Data preprocessing describes the concept of processing raw data to prepare it for analysis. The preprocessing will transform the data into a format that will be more easily and effectively processed for the purpose of the data analysis. There are a number of different tools and methods used for preprocessing.  Some people will perform preprocessing in a database, others will perform it in a 3rd party application, and yet another solution is to use Spotfire to both pre process your raw data and also analyze the output.

Even though Spotfire is quite good at supporting large scale enterprise-wide analytical applications, it is also useful for smaller-scale analysis.  Typically, in this scenario, the data that needs to be quickly analyzed is not in a suitable form, but there is too much overhead pre-processing them in another application.  This is where some of the built-in capabilities come in handy. Spotfire provides a variety of capabilities to pre-process data before (and after) it is loaded inside Spotfire.   One such capability we will look at in this article is unpivoting and pivoting.

 
Assume you have survey data which asks a series of questions where responders can choose one of many possible responses.  When the data is collected, it may be stored in a data table as shown below:

 

However, we want to analyze the distribution of results for each individual question. To do this, we need to transform the data.  But how? This is actually a two step process.

The first process is we need to normalize the data so that we have a single column for the questions asked in the survey and then another single column for the responses. We do this by using the 'unpivot' transformation. We select the questions we want to analyze as the 'Columns to transform' as shown in the screen shot below:


 

 

At this point we have the normalized data we need. The next step is we need to then pivot the data to have a row for each unique question which has fields showing the count for each response for the question.

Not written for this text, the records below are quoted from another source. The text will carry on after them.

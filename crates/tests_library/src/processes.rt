//! Processes over Lamport's lock. What calls in one thread return is a table of steps.
ghost use Rattle.std.specs.Prelude.{◌≡◌, [], IfOk};
ghost use Rattle.mq.specs.Calls.{IsFree};
ghost use Rattle.fast_mutex.specs.Items.{tickets_from};

use crate::books::expect_legal;
use crate::refusals::{refuse_all, say_refused};
use crate::steps::{
    Ask, CALLS, CREATE, EXACT, KINDS, Kind, LATER, NONE, ONE, OPEN, Outcome, START, Step, WAITING,
    WITHOUT_MEMORY, ZERO,
};
use calls::take;
use mq::{FastMq, FastProcess, Fault, Journal, Monotonic};
use mq_model::clock::Clock as Moments;
use std::alloc::Global;
use std::io::Print;
use std::process::Abort;
use std::sync::Wait;
use std::time::Clock;

mod calls;
mod ends;
mod threads;
mod walks;

/// A system of two processes.
#[derive(Drop)]
struct Pair {
    mq: FastMq,
    one: FastProcess,
    two: FastProcess,
}

fn make(alloc: Global, kind: Kind) -> Result<(FastMq, Vec<FastProcess>), Fault>
    ensures { IfOk result (λ made. made.1.items ≡ tickets_from made.0 1 2) }
{
    match kind {
        Kind::Stored => FastMq::new(alloc, 2),
        Kind::Bounded(entries, bytes) => FastMq::bounded(alloc, 2, entries, bytes),
        Kind::Unstored => FastMq::unstored(alloc, 2),
        Kind::Prepaid => FastMq::prepaid(alloc, 2),
    }
}

// A system of two processes. One allocation may be made to fail from outside.
fn make_pair<R: Abort + Print>(rt: &R, alloc: Global, kind: Kind) -> Pair
    ensures one { (result.one.lock ≡ result.mq) × IsFree result.one }
    ensures two { (result.two.lock ≡ result.mq) × IsFree result.two }
{
    let (mq, mut processes) = match make(alloc, kind) {
        Ok(made) => made,
        Err(_) => {
            say_refused(rt, "the making");
            make(alloc, kind).ok().expect(rt, "memory")
        }
    };
    let two = processes.pop().unwrap();
    let one = processes.pop().unwrap();
    Pair { mq, one, two }
}

// Room for two processes. One allocation may be made to fail from outside.
fn room<R: Abort + Print>(rt: &R, alloc: Global) -> Vec<FastProcess>
    ensures { result.items ≡ [] }
{
    match Vec::with_capacity(alloc, 2) {
        Ok(processes) => processes,
        Err(_) => {
            say_refused(rt, "room for two processes");
            Vec::with_capacity(alloc, 2).ok().expect(rt, "memory")
        }
    }
}

// The end with both processes, which returns the journal.
fn finish<A: Abort>(
    rt: &A,
    mut processes: Vec<FastProcess>,
    mq: FastMq,
    one: FastProcess,
    two: FastProcess,
) -> Journal
    requires room { processes.items ≡ [] }
    requires one { one.lock ≡ mq }
    requires two { two.lock ≡ mq }
{
    processes.push(one).ok().expect(rt, "memory");
    processes.push(two).ok().expect(rt, "memory");
    assert!(rt; mq.is_stored(), "the journal is stored");
    mq.finish(processes).ok().expect(rt, "both processes")
}

// The legal journal, of this number of entries, after the steps of two processes in one thread.
// After the first steps every allocation may be made to fail from outside.
fn expect<R: Wait + Clock + Abort + Print>(
    rt: &R,
    alloc: Global,
    kind: Kind,
    (first, marked): (&[Step], &[Step]),
    entries: u64,
) {
    let processes = room(rt, alloc);
    let Pair {
        mq,
        mut one,
        mut two,
    } = make_pair(rt, alloc, kind);
    take(rt, &mq, &mut one, &mut two, first);
    refuse_all(rt, alloc);
    take(rt, &mq, &mut one, &mut two, marked);
    expect_legal(rt, &finish(rt, processes, mq, one, two), entries);
}

// The calls of processes alone. A process is blocked from the call that waits to the entry that
// answers its wait, and not until its collect.
static BESIDE: [Step; 17] = [
    (1, Ask::ProcessNumber, Outcome::Number(Some(1))),
    (2, Ask::ProcessNumber, Outcome::Number(Some(2))),
    (1, Ask::Open(b"/q", CREATE, ONE), ZERO),
    (2, Ask::Open(b"/q", OPEN, None), ZERO),
    (1, Ask::BlockingSend(0, b"a", 1), Outcome::Done),
    (2, Ask::BlockingReceive(0), Outcome::Got),
    (1, Ask::BlockingTimedSend(0, b"b", 1, 0), Outcome::Done),
    (2, Ask::BlockingTimedReceive(0, 0), Outcome::Got),
    (1, Ask::AreBlocked(&[1]), Outcome::Is(false)),
    (1, Ask::Receive(0), Outcome::Waits),
    (1, Ask::AreBlocked(&[1]), Outcome::Is(true)),
    (2, Ask::AreBlocked(&[1, 2]), Outcome::Is(false)),
    (2, Ask::Send(0, b"c", 0), Outcome::Done),
    (1, Ask::AreBlocked(&[1]), Outcome::Is(false)),
    (1, Ask::Collect, Outcome::Got),
    (1, Ask::Exit, Outcome::Done),
    (1, Ask::Close(0), Outcome::Refused(Fault::BadDescriptor)),
];

#[test]
fn every_call_is_made_if_there_is_memory(rt: HostRuntime) {
    for kind in &KINDS {
        let Pair {
            mq,
            mut one,
            mut two,
        } = make_pair(&rt, rt.alloc(), *kind);
        take(&rt, &mq, &mut one, &mut two, &CALLS);
    }
    expect(&rt, rt.alloc(), Kind::Stored, (&BESIDE, &[]), 11);
}

#[test]
fn within_bounds_no_call_takes_memory(rt: HostRuntime) {
    expect(&rt, rt.alloc(), EXACT, (&[], &CALLS), 30);
}

#[test]
fn processes_collect_and_queues_end_without_memory(rt: HostRuntime) {
    let steps: (&[Step], &[Step]) = (&WAITING, &WITHOUT_MEMORY);
    expect(&rt, rt.alloc(), Kind::Stored, steps, 6);
}

// Each timed call waits for 20 milliseconds.
static LATE: [Step; 7] = [
    (1, Ask::Open(b"/q", CREATE, ONE), ZERO),
    (2, Ask::Open(b"/q", OPEN, None), ZERO),
    (
        1,
        Ask::BlockingTimedReceive(0, 20),
        Outcome::Refused(Fault::TimedOut),
    ),
    (1, Ask::Front, ZERO),
    (1, Ask::Send(0, b"a", 0), Outcome::Done),
    (
        2,
        Ask::BlockingTimedSend(0, b"b", 0, 20),
        Outcome::Refused(Fault::TimedOut),
    ),
    (1, Ask::Waiting, NONE),
];

#[test]
fn a_wait_is_withdrawn_at_its_deadline_and_not_before(rt: HostRuntime) {
    let clock = Monotonic::start(&rt).ok().expect(&rt, "a clock");
    expect(&rt, rt.alloc(), Kind::Stored, (&LATE, &[]), 7);
    let took = clock.now();
    assert!(&rt; took.sec > 0 || took.nsec >= 40_000_000);
}
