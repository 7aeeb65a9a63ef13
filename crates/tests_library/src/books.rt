//! The queues of one thread. Each test takes steps of a table. It also passes if any one allocation
//! is made to fail from outside: the call that fails changes neither the journal nor the buffer,
//! and is repeated.
ghost use Rattle.std.specs.Prelude.{◌≡◌, ◌≤◌, None};
ghost use Rattle.mq_model.specs.Waits.{open_wait};

use crate::refusals::{refuse_all, say_refused};
use crate::same::same;
use crate::steps::{
    Ask, CALLS, EXACT, KINDS, Kind, LATER, NONE, NOTHING_FITS, Outcome, START, Step, WAITING,
    WITHOUT_MEMORY, ZERO, came, length,
};
use mq_checker::checker::check_history;
use mq_model::entries::Reply;
use mq_model::faults::Fault;
use mq_model::journals::Journal;
use mq_model::names::Name;
use mq_state::books::Books;
use mq_state::replay::replay;
use std::alloc::{AllocError, Global};
use std::io::Print;
use std::process::Abort;

mod flat;
mod resumed;
mod threads;

fn make(alloc: Global, kind: Kind) -> Result<Books, AllocError> {
    match kind {
        Kind::Stored => Books::new(alloc, 5),
        Kind::Bounded(entries, bytes) => Books::bounded(alloc, 5, entries, bytes),
        Kind::Unstored => Books::unstored(alloc, 5),
        Kind::Prepaid => Books::prepaid(alloc, 5),
    }
}

// The queues of five processes. One allocation may be made to fail from outside.
fn made<A: Abort + Print>(rt: &A, alloc: Global, kind: Kind) -> Books {
    match make(alloc, kind) {
        Ok(books) => books,
        Err(_) => {
            say_refused(rt, "the making");
            make(alloc, kind).expect(rt, "memory")
        }
    }
}

// The reply to a call. `None` if the name is invalid, or if this is not a call.
fn call(books: &mut Books, p: u32, ask: Ask, buf: &mut [u8]) -> Option<Reply>
    requires process { (1 ≤ p) × (p ≤ books.old.n) }
    requires free { open_wait books.old.records p ≡ None }
{
    Some(match ask {
        Ask::Open(name, flags, attr) => books.open(p, &Name::read(name).ok()?, flags, attr),
        Ask::Unlink(name) => books.unlink(p, &Name::read(name).ok()?),
        Ask::Close(d) => books.close(p, d),
        Ask::Send(d, bytes, prio) => books.send(p, d, bytes, prio),
        Ask::Receive(d) => books.receive(p, d, buf),
        Ask::TimedSend(d, bytes, prio, until, now) => {
            books.timed_send(p, d, bytes, prio, until, now)
        }
        Ask::TimedReceive(d, until, now) => books.timed_receive(p, d, buf, until, now),
        Ask::Notify(d, value) => books.notify(p, d, value),
        Ask::NextNotice => books.next_notice(p),
        Ask::Getattr(d) => books.getattr(p, d),
        Ask::Setattr(d, new) => books.setattr(p, d, new),
        _ => return None,
    })
}

fn told(reply: Reply) -> Outcome {
    match reply {
        Reply::Opened { d, .. } => Outcome::Number(Some(u64::from(d))),
        Reply::Got { .. } => Outcome::Got,
        Reply::Waits => Outcome::Waits,
        Reply::Notice(value) => Outcome::Number(value),
        Reply::Attrs(status) => Outcome::Attrs(status),
        Reply::Refused(fault) => Outcome::Refused(fault),
        _ => Outcome::Done,
    }
}

// The outcome of the wait of process p, if it has one that fits the buffer.
fn collect(books: &mut Books, p: u32, buf: &mut [u8]) -> Outcome
    requires process { (1 ≤ p) × (p ≤ books.old.n) }
{
    match books.waiting(p) {
        Some(room) if room <= buf.len() => came(books.collect(p, buf)),
        _ => Outcome::Nothing,
    }
}

fn lowest_open(books: &Books, p: u32) -> Outcome {
    match books.lowest_open(p) {
        None => NONE,
        Some(d) => Outcome::Number(Some(u64::from(d))),
    }
}

// The outcome of what a process asks, if there is such a process.
fn outcome_of(books: &mut Books, p: u32, ask: Ask, buf: &mut [u8; 8]) -> Outcome {
    if p < 1 || p > books.processes() {
        return Outcome::Nothing;
    }
    match ask {
        Ask::Waiting => length(books.waiting(p)),
        Ask::Answered => Outcome::Is(books.answered(p)),
        Ask::LowestOpen => lowest_open(books, p),
        Ask::Front => Outcome::Number(Some(u64::from(buf[0]))),
        Ask::Entries => Outcome::Number(Some(books.journal_len())),
        Ask::Collect => collect(books, p, buf),
        Ask::Withdraw(now) => Outcome::Is(books.withdraw(p, now)),
        _ if books.waiting(p).is_some() => Outcome::Nothing,
        _ => match call(books, p, ask, buf) {
            Some(reply) => told(reply),
            None => Outcome::Nothing,
        },
    }
}

// The outcome. If memory was refused, the buffer and the length of the journal are unchanged, and
// the same is asked again.
fn asked<A: Abort + Print>(
    rt: &A,
    books: &mut Books,
    (p, ask, _): Step,
    buf: &mut [u8; 8],
) -> Outcome {
    let before = (books.journal_len(), *buf);
    let outcome = outcome_of(books, p, ask, buf);
    if outcome != Outcome::Refused(Fault::NoMemory) {
        return outcome;
    }
    assert!(rt; (books.journal_len(), *buf) == before);
    say_refused(rt, "a call");
    outcome_of(books, p, ask, buf)
}

// Takes the steps in order, with one buffer.
fn take<A: Abort + Print>(rt: &A, books: &mut Books, steps: &[Step]) {
    let mut buf = [0; 8];
    for (number, step) in steps.iter().enumerate() {
        let outcome = asked(rt, books, *step, &mut buf);
        assert!(rt; outcome == step.2, "step {number}");
    }
}

#[test]
fn every_call_is_made_if_there_is_memory(rt: HostRuntime) {
    for kind in &KINDS {
        take(&rt, &mut made(&rt, rt.alloc(), *kind), &CALLS);
    }
}

#[test]
fn within_bounds_no_call_takes_memory(rt: HostRuntime) {
    let mut books = made(&rt, rt.alloc(), EXACT);
    refuse_all(&rt, rt.alloc());
    take(&rt, &mut books, &CALLS);
    take(&rt, &mut books, &NOTHING_FITS);
}

static WITHDRAWN: [Step; 7] = [
    (3, Ask::Waiting, NONE),
    (3, Ask::Withdraw(LATER), Outcome::Is(false)),
    (2, Ask::Withdraw(START), Outcome::Is(false)),
    (2, Ask::Withdraw(LATER), Outcome::Is(true)),
    (2, Ask::LowestOpen, ZERO),
    (3, Ask::LowestOpen, NONE),
    (3, Ask::Entries, Outcome::Number(Some(7))),
];

#[test]
fn waits_end_without_memory(rt: HostRuntime) {
    let mut books = made(&rt, rt.alloc(), Kind::Stored);
    take(&rt, &mut books, &WAITING);
    refuse_all(&rt, rt.alloc());
    take(&rt, &mut books, &WITHOUT_MEMORY);
    take(&rt, &mut books, &WITHDRAWN);
    expect_legal(&rt, &journal_of(&rt, books), 7);
}

// The journal, which must be stored.
fn journal_of<A: Abort>(rt: &A, books: Books) -> Journal {
    assert!(rt; books.is_stored(), "the journal is stored");
    books.into_journal()
}

/// The journal is legal and has this number of entries.
pub fn expect_legal<A: Abort>(rt: &A, journal: &Journal, entries: u64) {
    same(rt, journal.len(), entries, "the length");
    same(rt, check_history(journal), Ok(()), "the verdict");
}

#[test]
fn a_replay_that_is_refused_memory_reads_the_journal_again(rt: HostRuntime) {
    let alloc = rt.alloc();
    let mut books = made(&rt, alloc, Kind::Stored);
    take(&rt, &mut books, &CALLS);
    let journal = journal_of(&rt, books);
    let found = match replay(alloc, &journal) {
        Ok(found) => found,
        Err(_) => {
            say_refused(&rt, "a replay");
            replay(alloc, &journal).expect(&rt, "memory")
        }
    };
    same(&rt, found, None, "the departure");
}
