//! Each lock over a state with a list, by functions that are generic over the lock.
ghost use Rattle.std.specs.Prelude.{◌≡◌, ◌≤◌, [], ◌∷◌, false, refl, map, IfOk, IfSome, MatchResult};
ghost use Rattle.fast_mutex.specs.Items.{Grows, tickets_from};

use crate::refusals::{refuse_all, say_refused};
use crate::same::same;
use fast_mutex::{Enter, FastMutex, Lock, Logged, Path, WordLock};
use std::alloc::{AllocError, Global};
use std::io::Print;
use std::process::Abort;
use std::sync::Wait;

mod threads;
mod walks;

/// Notes with a title. Each note is the number of its process with a value, and the latest is last
/// in the vector.
#[derive(Drop)]
pub struct Notes {
    title: u32,
    items: Vec<(u32, u32)>,
}

impl Logged for Notes {
    type Item = (u32, u32);

    ghost use Rattle.std.specs.Prelude.{reverse};

    ghost items = { λ s. reverse s.items.items };

    ghost fixed = { λ s. s.title ∷ [] };

    ghost author = { λ x. x.0 };

    ghost is_answered = { λ p xs. false };

    fn answered(&self, _process: u32) -> bool {
        false
    }

    #[tactic(auto, unfolding(fast_mutex::specs::Marks::answer_bits))]
    fn answers(&self) -> u32 {
        0
    }

    ghost nobody = { λ p. refl };

    ghost stays = { λ p more before others h. h };
}

// One allocation may be made to fail from outside.
fn no_notes<R: Print>(rt: &R, alloc: Global, title: u32, room: usize) -> Result<Notes, AllocError>
    ensures { IfOk result (λ s. s.items.items ≡ []) }
{
    let items = match Vec::with_capacity(alloc, room) {
        Ok(items) => items,
        Err(_) => {
            say_refused(rt, "room for notes");
            Vec::with_capacity(alloc, room)?
        }
    };
    Ok(Notes { title, items })
}

/// What a process saw in one critical section: the latest note, its path and its steps.
type Stay = (Option<(u32, u32)>, Path, u64);

/// One critical section, which adds a note.
fn add<L: Lock<Notes>, R: Wait>(
    rt: &R,
    lock: &L,
    seat: L::Seat,
    value: u32,
) -> (L::Seat, Result<Stay, AllocError>)
    requires { (L.ticket seat).lock ≡ L.id lock.now }
    ensures seat { ((L.ticket result.0).lock ≡ L.id lock.now) ×
        ((L.ticket result.0).number ≡ (L.ticket seat).number) }
    ensures added { MatchResult result.1 (λ n.
        Grows (λ x. x.0) (L.ticket seat).number (L.ticket seat).left (L.ticket result.0).left
        (((L.ticket seat).number, value) ∷ [])) (λ _.
        Grows (λ x. x.0) (L.ticket seat).number (L.ticket seat).left (L.ticket result.0).left []) }
{
    let number = L::number(&seat);
    let (inside, mut notes) = lock.enter(rt, seat);
    let latest = notes.items.last().copied();
    let stay = (latest, L::path(&inside), L::steps(&inside));
    match notes.items.push((number, value)) {
        Ok(()) => (lock.leave(inside, notes), Ok(stay)),
        Err(_) => (lock.leave(inside, notes), Err(AllocError)),
    }
}

/// A lock for n processes. One allocation may be made to fail from outside. Then the state comes
/// back unchanged, and `new` is tried again.
fn lock_for<L: Lock<Notes>, R: Print>(
    rt: &R,
    alloc: Global,
    n: u32,
    notes: Notes,
) -> Option<(L, Vec<L::Seat>)>
    requires count { (1 ≤ n) × (n ≤ 32) }
    requires empty { notes.items.items ≡ [] }
    ensures { IfSome result (λ r. map L.ticket r.1.items ≡ tickets_from (L.id r.0) 1 n) }
{
    let (title, room) = (notes.title, notes.items.capacity());
    match L::new(alloc, n, notes) {
        Ok(made) => Some(made),
        Err((notes, _)) => {
            if (notes.title, notes.items.capacity()) == (title, room) {
                say_refused(rt, "the making");
            }
            L::new(alloc, n, notes).ok()
        }
    }
}

// Process 1 adds 10, and process 2 adds 20, each by this path and in this number of steps. With
// both seats, `finish` returns the notes of both.
fn expect_turns<L: Lock<Notes>, R: Wait + Print + Abort>(
    rt: &R,
    alloc: Global,
    path: Path,
    steps: u64,
) {
    let notes = no_notes(rt, alloc, 7, 2).expect(rt, "memory");
    let (lock, mut seats) = lock_for::<L, R>(rt, alloc, 2, notes).expect(rt, "memory");
    refuse_all(rt, alloc);
    let two = seats.pop().expect(rt, "two seats");
    let one = seats.pop().expect(rt, "two seats");
    let (one, first) = add(rt, &lock, one, 10);
    let (two, second) = add(rt, &lock, two, 20);
    same(rt, first.ok(), Some((None, path, steps)), "the first note");
    same(
        rt,
        second.ok(),
        Some((Some((1, 10)), path, steps)),
        "the second note",
    );
    seats.push(one).ok().expect(rt, "room for two seats");
    seats.push(two).ok().expect(rt, "room for two seats");
    let notes = lock.finish(seats).ok().expect(rt, "all seats");
    same(rt, notes.title, 7, "the title");
    assert_eq!(rt; notes.items.as_slice(), [(1, 10), (2, 20)].as_slice());
}

#[test]
fn a_word_lock_hands_its_state_over_in_turn(rt: HostRuntime) {
    expect_turns::<WordLock<Notes>, _>(&rt, rt.alloc(), Path::Fast, 1);
}

/// This number of critical sections of one process, which adds the values from 0 on.
fn add_many<L: Lock<Notes>, R: Wait>(rt: &R, lock: &L, seat: L::Seat, stays: u32) -> L::Seat
    requires { (L.ticket seat).lock ≡ L.id lock.now }
    ensures { (L.ticket result).lock ≡ L.id lock.now }
{
    let mut seat = seat;
    for value in 0..stays {
        let (next, _) = add(rt, lock, seat, value);
        seat = next;
    }
    seat
}

// A lock for each number of processes, with as many seats.
fn expect_made<L: Lock<Notes>, R: Print + Abort>(rt: &R, alloc: Global) {
    for n in 1..=32 {
        let notes = no_notes(rt, alloc, 7, 0).expect(rt, "memory");
        let (_lock, seats) = lock_for::<L, R>(rt, alloc, n, notes).expect(rt, "memory");
        same(rt, seats.len(), n as usize, "the seats");
    }
}

#[test]
fn locks_are_made_for_1_to_32_processes(rt: HostRuntime) {
    expect_made::<WordLock<Notes>, _>(&rt, rt.alloc());
    expect_made::<FastMutex<Notes>, _>(&rt, rt.alloc());
}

You can do this using the 'pivot' transformation to pivot as shown below.

 

 

Using TIBCO Spotfire Professional, you can combine both the unpivot and pivot into the data access process so this process happens before the data is even loaded into TIBCO Spotfire (or you can also do this to the raw data set after it is loaded in TIBCO Spotfire so you can have both the raw data and the transformed data into Spotfire at once):

 

 

The final result is one row for each question and a column for each response:

 

 

If you have many different questions with different responses, then you should unpivot and pivot each grouping so they end up as a different data table in Spotfire.